Ed, I think it's a fascinating premise but very challenging to corroborate. There are so many variables impinging on mortality a definitive regression analysis would be almost impossible. One factor I'd be curious about in congruence with the "winner effect" though would be marital status. Marriage is widely recognized as a longevity factor, especially for men. Could success be a "setting event" for lasting marriages? 

Obesity is clearly one obstacle to success in our culture but the nature of success is that it inherently offers barriers. Part of the measure of success is whether one has overcome challenges. The attitude that allows some to surmount obstacles when others succumb to circumstances may support a healthier immune system and reduce the ravages of stress. My hunch is _quitting_ is what ultimately kills most of us. Stop striving, yearning, feeling and the body senses our resignation. JMO. Good topic for inquiry though. :bow:


----------



## Dr. Feelgood (Aug 12, 2008)

Longevity is not necessarily a measure of good health; ask anyone who works in a nursing home. Perhaps there is some celestial court in which those who enjoy conspicuous success are required to pay for it by serving a longer sentence.


----------



## Ernest Nagel (Aug 13, 2008)

Dr. Feelgood said:


> Longevity is not necessarily a measure of good health; ask anyone who works in a nursing home. Perhaps there is some celestial court in which those who enjoy conspicuous success are required to pay for it by serving a longer sentence.

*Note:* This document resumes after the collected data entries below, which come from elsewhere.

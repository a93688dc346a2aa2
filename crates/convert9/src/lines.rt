//! The lines of an export.

use crate::fault::{ConvertFault, refused, refused_words};
use crate::kept::KeepFault;
use std::alloc::Global;
use std::io::{BufRead, BufReader, Read};

/// The lines of an export, one at a time.
#[derive(Drop)]
pub(crate) struct Lines<R: Read + Drop> {
    alloc: Global,
    reader: BufReader<R>,
    line: Vec<u8>,
    number: u64,
}

/// A line of an export, without its end.
#[derive(Clone, Copy)]
pub(crate) struct Line<'a> {
    pub(crate) alloc: Global,
    /// Counted from 1; 0 before the first.
    pub(crate) number: u64,
    pub(crate) text: &'a [u8],
}

impl<R: Read + Drop> Lines<R> {
    /// Those that a reader gives, of which none was read.
    pub(crate) fn of(alloc: Global, reader: R) -> Result<Lines<R>, ConvertFault> {
        Ok(Lines {
            alloc,
            reader: BufReader::new(alloc, reader)?,
            line: Vec::new(alloc),
            number: 0,
        })
    }

    /// Reads the next line. After the last it answers false, and the number stays that of the last.
    pub(crate) fn read_next(&mut self) -> Result<bool, ConvertFault> {
        self.line.clear();
        if self.reader.read_until(b'\n', &mut self.line)? == 0 {
            return Ok(false);
        }
        self.number = self.number.saturating_add(1);
        Ok(true)
    }

    /// The line that was read.
    pub(crate) fn line(&self) -> Line<'_> {
        let line = self.line.as_slice();
        let line = line.strip_suffix(b"\n").unwrap_or(line);
        Line {
            alloc: self.alloc,
            number: self.number,
            text: line.strip_suffix(b"\r").unwrap_or(line),
        }
    }
}

impl Line<'_> {
    /// The fault that something is wrong in this line, which is shown.
    pub(crate) fn refused(&self, what: &str) -> ConvertFault {
        refused(self.alloc, self.number, what, self.text)
    }

    /// The fault that something is wrong at this line, which is not shown.
    pub(crate) fn refused_unshown(&self, what: &str) -> ConvertFault {
        refused(self.alloc, self.number, what, b"")
    }

    /// The fault of the command line's words, seen at this line.
    pub(crate) fn refused_words(&self, what: &str) -> ConvertFault {
        refused_words(self.alloc, self.number, what, b"")
    }

    /// The fault of a byte of this line that can't be kept.
    pub(crate) fn unkept(&self, fault: KeepFault) -> ConvertFault {
        match fault {
            KeepFault::TooLong => self.refused("a time of more than fifteen digits: "),
            KeepFault::Falls => self.refused("a time below the one before on this wire: "),
            KeepFault::OutOfMemory => ConvertFault::OutOfMemory,
        }
    }
}
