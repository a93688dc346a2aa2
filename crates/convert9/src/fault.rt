//! Why an export was not converted, or a capture not split, to its end.

use crate::write::RowFault;
use std::alloc::{AllocError, Global};
use std::io;

/// Why an export was not converted to its end.
#[derive(Drop)]
pub enum ConvertFault {
    /// A word is wrong, or a line of the export.
    Refused(Refusal),
    /// The export can't be read to its end.
    Read,
    /// The capture can't be written.
    Write,
    /// A growth of memory was refused.
    OutOfMemory,
}

/// What is wrong, and where.
#[derive(Drop, PartialEq, Eq)]
pub struct Refusal {
    /// The number of the line, counted from 1; 0 before the first.
    pub line: u64,
    /// In what something is wrong.
    pub wrong: Wrong,
    /// What is wrong, in a line.
    pub text: String,
}

/// In what something is wrong.
#[derive(Clone, Copy, PartialEq, Eq)]
pub enum Wrong {
    /// The words of the command line.
    Words,
    /// The export, or the capture that is split.
    Export,
    /// A part of a split, which can't be made or written.
    Part,
}

/// The fault of the line with this number: what is wrong, and, as far as it helps, what stands there.
pub(crate) fn refused(alloc: Global, line: u64, what: &str, shown: &[u8]) -> ConvertFault {
    told(alloc, line, Wrong::Export, what, shown)
}

/// The fault of the command line's words, seen at the line with this number.
pub(crate) fn refused_words(alloc: Global, line: u64, what: &str, shown: &[u8]) -> ConvertFault {
    told(alloc, line, Wrong::Words, what, shown)
}

/// A refusal with these two texts, or that memory was refused for it.
fn told(alloc: Global, line: u64, wrong: Wrong, what: &str, shown: &[u8]) -> ConvertFault {
    match text_of(alloc, what, shown) {
        Ok(text) => ConvertFault::Refused(Refusal { line, wrong, text }),
        Err(_) => ConvertFault::OutOfMemory,
    }
}

/// What is wrong and what stands there, in one text. Of what is no UTF-8 each part is shown as a replacement character.
fn text_of(alloc: Global, what: &str, shown: &[u8]) -> Result<String, AllocError> {
    let mut text = String::from_str(alloc, what)?;
    let shown = String::from_utf8_lossy(alloc, shown)?;
    text.push_str(shown.as_str())?;
    Ok(text)
}

impl From<AllocError> for ConvertFault {
    fn from(_: AllocError) -> ConvertFault {
        ConvertFault::OutOfMemory
    }
}

impl From<io::Error> for ConvertFault {
    fn from(e: io::Error) -> ConvertFault {
        match e.kind() {
            io::ErrorKind::OutOfMemory => ConvertFault::OutOfMemory,
            _ => ConvertFault::Read,
        }
    }
}

impl From<RowFault> for ConvertFault {
    /// The fault of a capture that can't be written. The converters keep to what a capture can have, and refuse what it can't by the
    /// line where it stands.
    fn from(fault: RowFault) -> ConvertFault {
        match fault {
            RowFault::OutOfMemory => ConvertFault::OutOfMemory,
            RowFault::NoRecord | RowFault::Write => ConvertFault::Write,
        }
    }
}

Wouldn't disagree at all there Doc. How many times we twirl around the sun is just a simple way of keeping score; surely not definitive of much at all. _Fulfillment_ is so damned hard to compare though. Love, laughter, friends, freedom - so many things we might be better served to track than birthdays. Maybe the world would focus less on weight and more on happiness if health were about the quality of our years instead of the quantity? Nah!  :doh:


----------



## imfree (Aug 13, 2008)

Ernest Nagel said:


> Wouldn't disagree at all there Doc. How many times we twirl around the sun is just a simple way of keeping score; surely not definitive of much at all. _Fulfillment_ is so damned hard to compare though. Love, laughter, friends, freedom - so many things we might be better served to track than birthdays. Maybe the world would focus less on weight and more on happiness if health were about the quality of our years instead of the quantity? Nah!  :doh:




Sorry the system won't let me rep you, Ernest. i've 
often used that quote, "Life is not to be measured 
in moments taking breath, but it should rather be 
measured in breathtaking moments"!


----------



## olwen (Aug 14, 2008)

Ernest Nagel said:


> Wouldn't disagree at all there Doc. How many times we twirl around the sun is just a simple way of keeping score; surely not definitive of much at all. _Fulfillment_ is so damned hard to compare though. Love, laughter, friends, freedom - so many things we might be better served to track than birthdays. Maybe the world would focus less on weight and more on happiness if health were about the quality of our years instead of the quantity? Nah!  :doh:



Makes total sense to me. I remember seeing a picture a long time ago of a himalayan monk who was over 90 years old who didn't look a day over 30. No wrinkles, no liver spots, no dryness no nothing. He looked like the picture of health. I don't remember the context of the pic, but I remember that pic. I thought well, he must be content. Contented living has kept him so youthful. Whatever it is monks do has made him happy. 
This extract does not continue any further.